Alex Steelsmith’s writing has appeared in USA Today, The Washington Post, The Spectator, Light, Snakeskin, Lighten Up Online, and other venues. He has been a Light featured poet, and a Pushcart Prize and Best of the Net nominee. More of his writing – and his artwork – is at http://www.alexsteelsmith.com/
On an asteroid there was an alien artefact. If such it was… a droid… I’ve no idea, in fact. Its metal (leg?) seemed (deployed?) and so I touched it, but responses lacked.
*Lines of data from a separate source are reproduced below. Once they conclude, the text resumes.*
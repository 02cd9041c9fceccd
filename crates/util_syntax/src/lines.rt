//! The parts of lines of a listing.
ghost use Rattle.std.specs.Prelude.{◌≡◌, ◌++◌, OnOk};
ghost use Rattle.ebcdic_names.specs.Names.{shown};
ghost use Rattle.util_syntax.specs.Lines.{card_number, next_word};

use ebcdic_names::{to_ascii, without_blanks};
use itoa::Buffer;
use std::alloc::AllocError;

// As many zeros as a card's number has digits, at least.
const ZEROS: [u8; 5] = [b'0'; 5];

// Adds a card's number, in at least five digits.
#[tactic(auto, unfolding(crate::specs::Lines::card_number))]
pub fn push_card(line: &mut Vec<u8>, card: u32) -> Result<(), AllocError>
    ensures { OnOk result (line.new.items ≡ line.old.items ++ card_number card) }
{
    let mut buffer = Buffer::new();
    let digits = buffer.format(card);
    line.extend_from_slice(&ZEROS[..ZEROS.len().saturating_sub(digits.len())])?;
    line.extend_from_slice(digits.as_bytes())
}

// Adds a word after a blank.
pub fn push_word(line: &mut Vec<u8>, word: &[u8]) -> Result<(), AllocError>
    ensures { OnOk result (line.new.items ≡ line.old.items ++ next_word word.now) }
{
    line.push(b' ')?;
    line.extend_from_slice(word)
}

// Adds a name in ASCII, without the blanks after it.
#[tactic(auto, unfolding(ebcdic_names::specs::Names::shown))]
pub fn push_shown(line: &mut Vec<u8>, name: &[u8]) -> Result<(), AllocError>
    ensures { OnOk result (line.new.items ≡ line.old.items ++ shown name.now) }
{
    for byte in without_blanks(name) {
        line.push(to_ascii(*byte))?;
    }
    Ok(())
}
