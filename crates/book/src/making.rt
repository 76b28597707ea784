// The making of a book: the lent slices are checked, and then they become a book, which cannot be refused.
ghost use Rattle.std.specs.Prelude.{◌≡◌, length, IfOk};
ghost use Rattle.std.specs.Result.{result_err};
ghost use Rattle.theory.specs.Books.{making_refusal, new_book};
ghost use Rattle.book.specs.Views.{view, Kept};
ghost use Rattle.book.specs.Makings.{MadeOver, Makeable};

use crate::book::Book;
use crate::checked::Checked;
use measures::Measure;
use strips::Strip;
use tables::blank_entry;
use theory::{Entry, Phase, Redraw, Refusal};

/// The most sheets that a book has.
const MOST_SHEETS: u32 = 1024;

/// The most redraws that a register has places for.
const MOST_REDRAWS: usize = 16384;

/// The most entries that a table has places for.
const MOST_ENTRIES: usize = 65536;

/// Checks the number of sheets and the lengths of the slices that are to be lent, and answers the number of sheets.
/// What was checked then goes into `Checked`, which holds only slices of the right lengths.
pub fn check<M: Measure>(
    sheets: u32,
    register: &[Redraw],
    table: &[Entry<M>],
    spare: &[Entry<M>],
    work: &[M],
    marks: &[u8],
) -> Result<u16, Refusal>
    ensures refusal { result_err result ≡ making_refusal sheets (length register.now) (length table.now) (length spare.now) (length work.now) (length marks.now) }
    ensures lengths { IfOk result (λ n. (n ≡ sheets) × Makeable n (length register.now) (length table.now) (length spare.now) (length work.now) (length marks.now)) }
{
    if !(1..=MOST_SHEETS).contains(&sheets) {
        return Err(Refusal::SheetCount);
    }
    if register.len() > MOST_REDRAWS {
        return Err(Refusal::RegisterPlaces);
    }
    if table.len() > MOST_ENTRIES {
        return Err(Refusal::TablePlaces);
    }
    if spare.len() != table.len() {
        return Err(Refusal::SparePlaces);
    }
    if work.len() != sheets as usize || marks.len() != sheets as usize {
        return Err(Refusal::WorkPlaces);
    }
    // Tested above, so that `as` cuts nothing.
    Ok(sheets as u16)
}

impl<'r, 't, 's, 'w, 'm, M: Measure> Checked<'r, 't, 's, 'w, 'm, M> {
    /// Makes the book: open, with no redraws and no entries, every strip blank.
    pub fn make(self) -> Book<'r, 't, 's, 'w, 'm, M>
        ensures new { view result ≡ new_book self.entry.sheets (length self.entry.register.now) (length self.entry.table.now) }
        ensures slices { MadeOver self.entry result }
        ensures kept { Kept M.Measure.meaning result }
    {
        let Checked {
            register,
            table,
            spare,
            work,
            marks,
            sheets,
        } = self;
        Book {
            register: Strip::new(register, Redraw::default()),
            table: Strip::new(table, blank_entry()),
            spare: Strip::new(spare, blank_entry()),
            work: Strip::new(work, M::none()),
            marks: Strip::new(marks, 0),
            sheets,
            phase: Phase::Open,
        }
    }
}
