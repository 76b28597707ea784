// How the phase of a book goes on.
ghost use Rattle.std.specs.Prelude.{◌≡◌};
ghost use Rattle.book.specs.Phases.{advanced};

use theory::{Phase, Progress};

/// A call that was taken: an enter, a clear, or a builder's turn and what the builder says of the book then.
#[derive(Debug, Clone, Copy, PartialEq, Eq)]
pub enum Taken {
    /// A redraw was entered.
    Enter,
    /// The table was emptied.
    Clear,
    /// A round was built.
    Round(Progress),
    /// A root was built.
    Root(Progress),
}

/// Moves the phase on for a call that was taken.
pub(crate) fn advance(phase: &mut Phase, taken: Taken)
    ensures { phase.new ≡ advanced phase.old taken }
{
    *phase = match (*phase, taken) {
        (_, Taken::Enter | Taken::Clear) => Phase::Open,
        (_, Taken::Round(Progress::Finished) | Taken::Root(Progress::Finished)) => Phase::Finished,
        (Phase::Rounds(accepted), Taken::Round(Progress::Open)) => Phase::Rounds(
            accepted.saturating_add(1),
        ),
        (Phase::Roots(done), Taken::Root(Progress::Open)) => Phase::Roots(done.saturating_add(1)),
        (_, Taken::Round(Progress::Open)) => Phase::Rounds(1),
        (_, Taken::Root(Progress::Open)) => Phase::Roots(1),
    };
}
Once there were women; once I was a man (touching a leg then always brought response) before the search for life and light began to change me into this dark renaissance. The teacup storms on which I’ve tossed, when she or I have bitched and bossed till all the loves I’d ever marked were all the women that I’ve lost. They chose the certainty of Dark over the uncertainty of Light.
The joys of life are what’s uncertain: hopes of what’s behind the curtain, knowing the results will grate of things that you anticipate, knowing your life could be wrecked by what you never could expect. And though you think you’re circumspect, you can’t deflect, inspect, collect. Knowing the harvest is unknown with crops that grew from deeds you’d sown, while all your greatest hopes and dreams will be exceeded by the future’s smallest gleams.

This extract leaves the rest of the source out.